_Work order_. This task calls for copying every line in the data below that contains the word "usize".

_The data_.
..........
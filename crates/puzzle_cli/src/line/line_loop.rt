//! The loop of a run: bytes are read, cut into lines, and each line is answered by a machine.

ghost use Rattle.std.specs.Prelude.{◌≡◌, ◌≢◌, ℕ, ◌+◌, ◌≤◌, ◌∷◌, [], Some, false, length, take, is_err, is_some, IfOk, OnOk, OnErr};
ghost use Rattle.std.specs.Option.{option_copied};
ghost use Rattle.std.specs.Io.KnownBytes.{Appends, Consumes, IsAtEnd, Keeps};
ghost use Rattle.puzzle_io.specs.Device.{IsPassedOn};
ghost use Rattle.line_replies.specs.Lines.{as_line};
ghost use Rattle.puzzle_cli.specs.Inner.LineBuffer.{ended_from, last_from};
ghost use Rattle.puzzle_cli.specs.Runs.{point_at, progress_at, Ends};
ghost use Rattle.puzzle_cli.specs.Inner.Steps.{ComeTo};

use crate::line::line_buffer::LineBuffer;
use crate::run_end::End;
use line_replies::{Machine, Response};
use puzzle_io::{DeviceFault, Sink, Source};
use std::alloc::Global;

/// The most bytes that a run reads.
pub(crate) const INPUT_BYTES: usize = 1_000_000_000;

/// The most bytes that are read at once.
const PIECE_BYTES: usize = 4_096;

/// How the run goes on after a step.
#[derive(Clone, Copy)]
enum Flow {
    /// The run goes on.
    More,
    /// A line was `quit`.
    Quit,
    /// A reply didn't go out.
    Unsent,
}

/// Answers the lines of the source, up to the first that quits, and writes each reply to the sink and flushes it.
///
/// Lines are cut and a run ends as [`run`](crate::run) says. Neither device has failed before.
pub fn run_machine<M: Machine, R: Source, W: Sink>(
    alloc: Global,
    machine: &mut M,
    source: &mut R,
    sink: &mut W,
) -> End
    requires source { R.has_failed source.old ≡ false }
    requires sink { W.has_failed sink.old ≡ false }
    ensures ends { Ends M.reply M.is_quit result
        (point_at R.Source W.Sink machine.old source.old sink.old)
        (point_at R.Source W.Sink machine.new source.new sink.new) }
    ensures flushed { W.flushed sink.old ≡ W.taken sink.old → result ≢ End.WriteFault
        → W.flushed sink.new ≡ W.taken sink.new }
{
    let mut line = LineBuffer::new();
    let mut piece = [0; PIECE_BYTES];
    let mut count = 0;
    while count < INPUT_BYTES {
        let room = PIECE_BYTES.min(INPUT_BYTES - count);
        let Ok(len) = read_piece(source, &mut piece, room) else {
            return End::ReadFault;
        };
        if len == 0 {
            return match end_line(alloc, &mut line, machine, sink) {
                Flow::Unsent => End::WriteFault,
                _ => End::Finished,
            };
        }
        count += len;
        match take_piece(alloc, &piece[..len], &mut line, machine, sink) {
            Flow::More => {}
            Flow::Quit => return End::Finished,
            Flow::Unsent => return End::WriteFault,
        }
    }
    End::ReadFault
}

/// Reads at most `room` bytes into the front of `piece`, none only at the end of the input.
fn read_piece<R: Source>(
    source: &mut R,
    piece: &mut [u8],
    room: usize,
) -> Result<usize, DeviceFault>
    requires some { 1 ≤ room }
    requires within { room ≤ length piece.old }
    ensures bound { IfOk result (λ n. n ≤ room) }
    ensures failed { R.has_failed source.new ≡ is_err result }
    ensures ok { IfOk result (λ n. Consumes (R.to_come source.old) (R.to_come source.new)
        (take n piece.new)) }
    ensures end { IfOk result (λ n. n ≡ 0 → IsAtEnd (R.to_come source.new)) }
    ensures err { OnErr result (Keeps (R.to_come source.old) (R.to_come source.new)) }
{
    source.read(&mut piece[..room])
}

/// Answers the lines that end in a piece, and keeps what stands after them.
fn take_piece<M: Machine, W: Sink>(
    alloc: Global,
    piece: &[u8],
    line: &mut LineBuffer,
    machine: &mut M,
    sink: &mut W,
) -> Flow
    requires { W.has_failed sink.old ≡ false }
    ensures goes { ComeTo M.reply M.is_quit result (ended_from line.old piece.now)
        (progress_at W.Sink machine.old sink.old) (progress_at W.Sink machine.new sink.new) }
    ensures line { result ≡ Flow.More → line.new ≡ last_from line.old piece.now }
    ensures flushed { W.flushed sink.old ≡ W.taken sink.old → result ≢ Flow.Unsent
        → W.flushed sink.new ≡ W.taken sink.new }
{
    for byte in piece {
        match take_byte(alloc, *byte, line, machine, sink) {
            Flow::More => {}
            stopped => return stopped,
        }
    }
    Flow::More
}

/// Answers the line where the byte is LF, which ends it, and keeps any other byte.
fn take_byte<M: Machine, W: Sink>(
    alloc: Global,
    byte: u8,
    line: &mut LineBuffer,
    machine: &mut M,
    sink: &mut W,
) -> Flow
    requires { W.has_failed sink.old ≡ false }
    ensures goes { ComeTo M.reply M.is_quit result (ended_from line.old (byte ∷ []))
        (progress_at W.Sink machine.old sink.old) (progress_at W.Sink machine.new sink.new) }
    ensures line { line.new ≡ last_from line.old (byte ∷ []) }
    ensures flushed { W.flushed sink.old ≡ W.taken sink.old → result ≢ Flow.Unsent
        → W.flushed sink.new ≡ W.taken sink.new }
{
    if byte == b'\n' {
        return end_line(alloc, line, machine, sink);
    }
    line.push(byte);
    Flow::More
}

/// Answers the line, and begins the next one.
fn end_line<M: Machine, W: Sink>(
    alloc: Global,
    line: &mut LineBuffer,
    machine: &mut M,
    sink: &mut W,
) -> Flow
    requires { W.has_failed sink.old ≡ false }
    ensures goes { ComeTo M.reply M.is_quit result (as_line line.old ∷ [])
        (progress_at W.Sink machine.old sink.old) (progress_at W.Sink machine.new sink.new) }
    ensures line { line.new ≡ Some [] }
    ensures flushed { W.flushed sink.old ≡ W.taken sink.old → result ≢ Flow.Unsent
        → W.flushed sink.new ≡ W.taken sink.new }
{
    let flow = answer_line(alloc, line.line(), machine, sink);
    line.clear();
    flow
}

/// Has the line answered, and sends its reply where it has one.
fn answer_line<M: Machine, W: Sink>(
    alloc: Global,
    line: Option<&[u8]>,
    machine: &mut M,
    sink: &mut W,
) -> Flow
    requires { W.has_failed sink.old ≡ false }
    ensures goes { ComeTo M.reply M.is_quit result (option_copied line.entry ∷ [])
        (progress_at W.Sink machine.old sink.old) (progress_at W.Sink machine.new sink.new) }
    ensures flushed { W.flushed sink.old ≡ W.taken sink.old → result ≢ Flow.Unsent
        → W.flushed sink.new ≡ W.taken sink.new }
{
    match machine.answer(alloc, line) {
        Response::Quit => return Flow::Quit,
        Response::Silence => return Flow::More,
        Response::Reply(text) => match send(sink, text.as_bytes()) {
            Ok(()) => return Flow::More,
            Err(_) => return Flow::Unsent,
        },
    }
}

/// Writes all the bytes, and flushes them.
fn send<W: Sink>(sink: &mut W, bytes: &[u8]) -> Result<(), DeviceFault>
    requires { W.has_failed sink.old ≡ false }
    ensures failed { W.has_failed sink.new ≡ is_err result }
    ensures flushed { OnOk result (IsPassedOn (W.flushed sink.new) (W.taken sink.new)) }
    ensures flushed_told { is_some (W.flushed sink.new) ≡ is_some (W.flushed sink.old) }
    ensures told { is_some (W.taken sink.new) ≡ is_some (W.taken sink.old) }
    ensures ok { OnOk result (Appends (W.taken sink.old) (W.taken sink.new) bytes.now) }
    ensures err { OnErr result ((count : ℕ) × Appends (W.taken sink.old) (W.taken sink.new)
        (take count bytes.now)) }
{
    let mut sent = 0;
    while sent < bytes.len() {
        let count = sink.write(&bytes[sent..])?;
        if count == 0 {
            return Err(DeviceFault::DeviceFault);
        }
        sent += count;
    }
    sink.flush()
}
..........
_Answer to this task_.
pub(crate) const INPUT_BYTES: usize = 1_000_000_000;
const PIECE_BYTES: usize = 4_096;
    room: usize,
) -> Result<usize, DeviceFault>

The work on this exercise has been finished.